I don’t know who was comparing anybody to skinheads, I most certainly wasn’t!
The bacon cheeseburgers may strike you as hyperbole…hell they might BE hyperbole…but that’s a comparison made specifically to draw an analogy between being forced to provide a service to something that’s sacrilegious to a person. So I do think that deserves careful consideration even though it SEEMS out there.
[quote]Aggv wrote:
[quote]countingbeans wrote:
738k
Holy Shit (sorta literally lol)[/quote]
I still feel horrible for that pizza shop. [/quote]
Eh, they are at a quarter mil in 2 days… My sympathy is thin on this one at this point.

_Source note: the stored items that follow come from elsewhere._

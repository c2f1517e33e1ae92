//! The accesses and the registers at the end of symbolic paths, beside those of the walk.

use crate::symbolic::paths_of;
use crate::terms::{Values, evaluate};
use bumpalo::Bump;
use bv_terms::node::TermId;
use bv_terms::pool::TermPool;
use elf_image::image::Image;
use guest_runs::guests::{Guest, guests};
use guest_runs::loaded::load;
use guest_runs::no_run::NoRun;
use guest_runs::walks::walked;
use odr_log::log::{Pos, ThreadLog};
use path_exec::Paths;
use plain_machine::act::access_of;
use plain_walk::table::{Table, Visited};
use rv_model::code::instr_at;
use rv_model::hearing::Outcome;
use rv_model::state::Local;
use std::alloc::Global;
use std::test::Fail;
use thread_terms::access::Access;

/// The address that a visited step accesses.
fn address_in(image: &Image, visited: &Visited) -> Option<u32> {
    let local = &visited.before.local;
    match instr_at(image, local.pc) {
        Ok(instr) => Some(access_of(local, &instr).address),
        Err(_) => None,
    }
}

/// The byte that a visited step writes to an address.
fn written_in(visited: &Visited, address: u32) -> Option<u8> {
    match &visited.outcome {
        Outcome::Faults(_) => None,
        Outcome::Goes { writes, .. } => writes.newest(address),
    }
}

/// The thread after a visited step.
fn local_after(visited: &Visited) -> Local {
    match &visited.outcome {
        Outcome::Faults(_) => visited.before.local,
        Outcome::Goes { local, .. } => *local,
    }
}

/// The byte that a term comes to where it is written.
fn byte_of(values: &Values, byte: TermId, written: bool) -> Option<u64> {
    if written { values.of(byte) } else { None }
}

/// From an address on a step writes what these terms come to, or nothing.
fn are_written(
    values: &Values,
    writes: &[TermId],
    written: bool,
    address: u32,
    visited: &Visited,
) -> bool {
    let mut place = address;
    for byte in writes {
        let found = written_in(visited, place).map(u64::from);
        if byte_of(values, *byte, written) != found {
            return false;
        }
        place = place.wrapping_add(1);
    }
    true
}

/// An access has the address of its step, and writes what its step writes.
fn is_shown(image: &Image, values: &Values, access: &Access, visited: &Visited) -> bool {
    let Some(address) = address_in(image, visited) else {
        return false;
    };
    let written = values.of(access.guard) == Some(1);
    values.of(access.address) == Some(u64::from(address))
        && are_written(values, access.writes.as_slice(), written, address, visited)
}

/// The first access that is not that of its step.
fn wrong_access(image: &Image, values: &Values, accesses: &[Access], table: &Table) -> Option<Pos> {
    for access in accesses {
        if !is_shown(image, values, access, table.at(access.pos)) {
            return Some(access.pos);
        }
    }
    None
}

/// The registers at the end are those after a thread's last step.
fn is_end(values: &Values, paths: &Paths, thread: u8, local: &Local) -> bool {
    for number in 0u8..32 {
        let place = 32 * usize::from(thread) + usize::from(number);
        let term = paths.ends.as_slice().get(place);
        let found = term.and_then(|term| values.of(*term));
        if found != Some(u64::from(local.register(number))) {
            return false;
        }
    }
    true
}

/// The first of the first 256 threads whose registers at the end are not those of its walk.
fn wrong_end(values: &Values, paths: &Paths, threads: &[ThreadLog], table: &Table) -> Option<Pos> {
    let mut thread = 0u8;
    for logged in threads {
        let at = Pos {
            thread,
            step: logged.steps.saturating_sub(1),
        };
        if !is_end(values, paths, thread, &local_after(table.at(at))) {
            return Some(at);
        }
        thread = thread.saturating_add(1);
    }
    None
}

/// The first access or end of a guest's paths that is not that of its walk.
fn wrong(alloc: Global, guest: &Guest) -> Result<Option<Pos>, NoRun> {
    let loaded = load(alloc, guest)?;
    let rows = loaded.ran.rows.as_slice();
    let table = walked(alloc, &loaded, rows)?;
    let arena = Bump::new(alloc);
    let mut pool = TermPool::new(alloc, &arena);
    let followed = paths_of(alloc, &mut pool, &loaded.logged)?;
    let Some(values) = evaluate(alloc, &pool, followed.last, rows)? else {
        return Err(NoRun::Walk);
    };
    let paths = &followed.paths;
    let accesses = paths.accesses.as_slice();
    let access = wrong_access(&loaded.logged.image, &values, accesses, &table);
    let threads = loaded.logged.log.threads.as_slice();
    Ok(access.or(wrong_end(&values, paths, threads, &table)))
}

#[test]
fn accesses_and_ends_are_those_of_the_walk(rt: HostRuntime) -> Result<(), Fail> {
    for (number, guest) in guests().iter().enumerate() {
        let found = wrong(rt.alloc(), guest)?;
        assert_eq!(rt; found, None, "guest {number}");
    }
    Ok(())
}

I’m sure they’ll be fine, even if they need to shut down, which I doubt.
[quote]JR249 wrote:
[quote]H factor wrote:
If this hasn’t happened already at some point (which it probably has) it undoubtedly will at some point in the future. You could play the victim and end up a millionaire. Culture wars and social media could be the new lottery
[/quote]
There is little doubt in my mind that social media has exacerbated the culture wars hysteria, especially with the LGBT issues, on both sides, for the last 5+ years.
…
Case in point…stated that a reporter from South Bend, IN stopped into the pizzeria earlier this week …she responded something akin to “as a Christian owned business, we wouldn’t want to service a gay wedding either, if requested.” He then apparently got permission or asked to quote her for a story, and ran with a headline that this IN pizzeria becomes the first to publicly proclaim it will not service gay clientele.[/quote]
I would fire that fucking reporter…
EDITED after reading JR’s second post from pjmedia.